Increased Protein Expression May Improve Healing in Patients with Diabetes

A new study shows that activating bone stem cells can initiate fracture repair in mice models of diabetes.

Adding a protein to the fracture was found to increase signaling proteins, which resulted in more optimal healing, according to the study, published by Translational Medicine. These findings could have important implications for human patients with diabetes who also have slowed fracture healing.

The investigators discovered that applying the protein increased stem cell activity among mice models and in bone samples from human patients with diabetes.

“We’ve uncovered the reason why some patients with diabetes don’t heal well from fractures, and we’ve come up with a solution that can be locally applied during surgery to repair the break,” said senior author Michael Longaker, MD. “Diabetes is rampant worldwide, and any improvement in the ability of affected people to heal from fractures could have an enormously positive effect on their quality of life.”

In addition to poor blood glucose control, patients with diabetes experience slowed healing from soft tissue injuries and fractures. However, the mechanism behind this phenomenon is currently unknown.

The current study was based on prior research where the group of investigators discovered and assessed skeletal stem cells in the bones of mice. These stem cells can mature into bone, cartilage, and the stroma. The investigators found that fracture healing was slowed in mice whose stem cells were removed.

“We wanted to apply what we knew about skeletal stem cells to the problem of impaired bone healing in people with diabetes,” said senior author Charles Chan, PhD. “Does the disease affect fracture healing by somehow modulating the activity of these stem cells?”

In the current study, the researchers used a mouse model of type 2 diabetes. During pre-diabetes, mice were able to heal fractures similarly to wild-type mice, but once they developed diabetes, the repaired bone was weaker and less dense compared with the control group, according to the study.

After 7 days of healing, mice with diabetes had significantly less skeletal stem cells, compared with the control group. The researchers ruled out systemic reasons for this discovery, and hypothesized that cell signaling may be the issue.
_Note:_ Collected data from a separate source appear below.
// Counters and formats.
ghost use Rattle.std.specs.Prelude.{◌≡◌, ◌≤◌, ◌+◌, true};
ghost use Rattle.osd_capability.specs.Layout.{is_format};
ghost use Rattle.server_rules.specs.declared.limits.TheConstants.{GREATEST_GRANT};
ghost use Rattle.server_state.specs.States.{server_of, IsReady};
ghost use Rattle.server_entries.specs.Applying.{applied, can_count, next_grant_of};
ghost use Rattle.server_entries.specs.declared.entry.Entry.TheVariants as entry;
ghost use Rattle.entry_replay.specs.Replaying.{Becomes};

use osd_capability::{FORMAT_SHA1, FORMAT_SHA256};
use server_entries::{Applied, Counters};
use server_rules::GREATEST_GRANT;
use server_state::State;

// ---- counters

// The number of the next grant, above the greatest where none is left.
fn next_grant_of(told: u32) -> u64
    ensures value { result ≡ next_grant_of told }
    ensures bound { result ≤ GREATEST_GRANT + 1 }
{
    if told == 0 {
        u64::from(GREATEST_GRANT) + 1
    } else {
        u64::from(told)
    }
}

// No counter falls.
fn can_count(state: &State, counters: &Counters) -> bool
    ensures { result ≡ can_count (server_of state.now) counters.now }
{
    state.next_grant <= next_grant_of(counters.next_grant)
        && state.next_object <= counters.next_object
        && state.next_nonce <= counters.next_nonce
        && state.next_recall <= counters.next_recall
}

#[tactic(auto, unfolding(server_entries::specs::Applying::applied))]
pub(crate) fn apply_counters(state: &mut State, counters: &Counters) -> Applied
    requires ready { IsReady state.old }
    ensures applied { Becomes state.old state.new (applied (server_of state.old) (entry.Counters counters.now)) result }
    ensures ready { IsReady state.new }
{
    if !can_count(state, counters) {
        return Applied::Unmade;
    }
    state.next_grant = next_grant_of(counters.next_grant);
    state.next_object = counters.next_object;
    state.next_nonce = counters.next_nonce;
    state.next_recall = counters.next_recall;
    Applied::Done
}

// ---- formats

/// Whether a number is that of a format.
pub(crate) fn is_format(format: u32) -> bool
    ensures { result ≡ is_format format }
{
    format == u32::from(FORMAT_SHA1) || format == u32::from(FORMAT_SHA256)
}

/// The format of that number.
pub(crate) fn format_of(format: u32) -> u8
    requires { is_format format ≡ true }
    ensures { result ≡ format }
{
    format as u8
}

#[tactic(auto, unfolding(server_entries::specs::Applying::applied))]
pub(crate) fn apply_format(state: &mut State, format: u32) -> Applied
    requires ready { IsReady state.old }
    ensures applied { Becomes state.old state.new (applied (server_of state.old) (entry.Format format)) result }
    ensures ready { IsReady state.new }
{
    if !is_format(format) {
        return Applied::Unmade;
    }
    state.format = format_of(format);
    Applied::Done
}
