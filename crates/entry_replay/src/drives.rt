// Drives, and the zones that they are put into.
ghost use Rattle.std.specs.Prelude.{◌≡◌, ◌≤◌, ◌++◌, length, IfOk, OnErr, OnOk};
ghost use Rattle.server_state.specs.States.{server_of, IsReady};
ghost use Rattle.server_entries.specs.Applying.{applied};
ghost use Rattle.server_entries.specs.Changes.{is_in_zone, is_known};
ghost use Rattle.server_entries.specs.Making.{drive_place, in_place_of, new_drive, put_drive};
ghost use Rattle.server_entries.specs.declared.entry.Entry.TheVariants as entry;
ghost use Rattle.entry_replay.specs.Replaying.{Becomes, put_before};

use layout_server::set_zone;
use osd_lists::Memory;
use server_entries::{Applied, DriveEntry};
use server_rules::Drive;
use server_state::{Drives, State};
use std::alloc::Global;
use zone_place::MAX_DRIVES;

/// There is a drive of that number.
pub(crate) fn is_known(number: u32, drives: &[Drive]) -> bool
    ensures { result ≡ is_known number drives.now }
{
    for drive in drives {
        if drive.number == number {
            return true;
        }
    }
    false
}

/// The drive of that number is in a zone.
pub(crate) fn is_in_zone(number: u32, drives: &[Drive]) -> bool
    ensures { result ≡ is_in_zone number drives.now }
{
    drives
        .iter()
        .any(|drive| drive.number == number && drive.zone.is_some())
}

// ---- a drive is new, or comes in the place of its former

// The place of the first drive whose number isn't less, behind all where there is none.
#[tactic(auto, unfolding(server_entries::specs::Making::drive_place))]
fn place_of(drives: &[Drive], number: u32) -> usize
    ensures value { result ≡ drive_place drives.now number }
    ensures bound { result ≤ length drives.now }
{
    for i in 0..drives.len() {
        if drives[i].number >= number {
            return i;
        }
    }
    drives.len()
}

// A drive that is in no zone.
fn new_drive(entry: &DriveEntry) -> Drive
    ensures { result ≡ new_drive entry.now }
{
    Drive {
        number: entry.number,
        key: entry.key,
        capacity: entry.capacity,
        online: entry.online,
        zone: None,
    }
}

// The drive in the place of another, whose zone it keeps.
fn in_place_of(old: &Drive, entry: &DriveEntry) -> Drive
    ensures { result ≡ in_place_of old.now entry.now }
{
    Drive {
        zone: old.zone,
        ..new_drive(entry)
    }
}

// Adds drives of numbers that aren't less, and the drive before them or in the place of its former.
fn add_from(all: &mut Drives, behind: &[Drive], entry: &DriveEntry) -> Result<(), Memory>
    ensures { OnOk result (all.new ≡ all.old ++ put_before behind.now entry.now) }
{
    match behind {
        [old, rest @ ..] if old.number == entry.number => {
            all.push(in_place_of(old, entry))?;
            all.extend_from_slice(rest)
        }
        _ => {
            all.push(new_drive(entry))?;
            all.extend_from_slice(behind)
        }
    }
}

// The drive in the place of its former, or in the order of their numbers.
fn put_drive(alloc: Global, drives: &mut Drives, entry: &DriveEntry) -> Result<(), Memory>
    ensures put { OnOk result (drives.new ≡ put_drive drives.old entry.now) }
    ensures stays { OnErr result (drives.new ≡ drives.old) }
{
    let place = place_of(drives.as_slice(), entry.number);
    let (before, behind) = drives.as_slice().split_at(place);
    let mut all = Drives::copied(alloc, before)?;
    add_from(&mut all, behind, entry)?;
    *drives = all;
    Ok(())
}

#[tactic(auto, unfolding(server_entries::specs::Applying::applied))]
pub(crate) fn apply_drive(
    alloc: Global,
    state: &mut State,
    drive: &DriveEntry,
) -> Result<Applied, Memory>
    requires ready { IsReady state.old }
    ensures applied { IfOk result (Becomes state.old state.new (applied (server_of state.old) (entry.Drive drive.now))) }
    ensures ready { IsReady state.new }
{
    if drive.number as usize >= MAX_DRIVES {
        return Ok(Applied::Unmade);
    }
    put_drive(alloc, &mut state.drives, drive)?;
    Ok(Applied::Done)
}

// ---- a drive is put into a zone

#[tactic(auto, unfolding(server_entries::specs::Applying::applied))]
pub(crate) fn apply_zone(state: &mut State, drive: u32, zone: u32) -> Applied
    requires ready { IsReady state.old }
    ensures applied { Becomes state.old state.new (applied (server_of state.old) (entry.Zone drive zone)) result }
    ensures ready { IsReady state.new }
{
    if !is_known(drive, state.drives.as_slice()) {
        return Applied::Unmade;
    }
    match set_zone(&mut state.drives, drive, zone) {
        Ok(()) => Applied::Done,
        Err(_) => Applied::Unmade,
    }
}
When testing this hypothesis, the investigators found that mice with diabetes had significantly lower expression of the hedgehog family of proteins. This group of signaling proteins are known to play a critical role in biologic processes, including tissue regeneration, according to the study.

Upon further testing, the researchers discovered that control mice whose hedgehog signaling pathway was inhibited had weaker and brittle bone regrowth similar to mice with diabetes. The investigators then created a hydrogel that was laced with hedgehog signaling proteins.

“Next we had to test whether adding the hedgehog signaling proteins back into the local environment in diabetic animals restored their ability to heal fractures,” Dr Longaker said. “And these animals healed just like normal mice.”

Lastly, the researchers conducted a similar trial in human bone samples from patients with diabetes who underwent surgery for osteoarthritis. The expression of proteins in these samples were then compared with samples from patients without diabetes.

“What we saw in these human samples completely echoed what we saw in the mice,” Dr Chan said. “The bones from the diabetic patients displayed significantly reduced expression of these important signaling proteins.”

From these findings, the investigators hypothesized that the inhibition of this pathway is caused by inflammation that increased TNF-alpha expression, which is known to be high in humans, as well as mouse models of the disease.

The researchers found that increased TNF-alpha expression was attributed to the low expression of certain hedgehog proteins. However, inhibiting TNF-alpha may have severe biologic consequences, according to the study.

“Here we’ve devised a feasible strategy for reversing a tissue-specific pathology — the inability to heal skeletal fractures efficiently — in a complex metabolic disease like diabetes, through the local application of a compound to stimulate the activity of adult stem cells,” Dr Longaker said. “We anticipate that hedgehog-mediated molecular therapies that directly target stem cells in human patients could be therapeutic.”

Although additional research is necessary, the researchers believe that the local application of hedgehog proteins will be safe and effective in humans. These new findings also highlight the importance of stem cells in tissue regeneration, according to the study.

“This research represents a significant step forward toward realizing the promise of Proposition 71, which established the California Institute for Regenerative Medicine,” Dr Chan concluded. “We’ve looked to stem cells to learn why people with diabetes don’t heal bone fractures properly, and come up with an approach that we are excited to try in the clinic."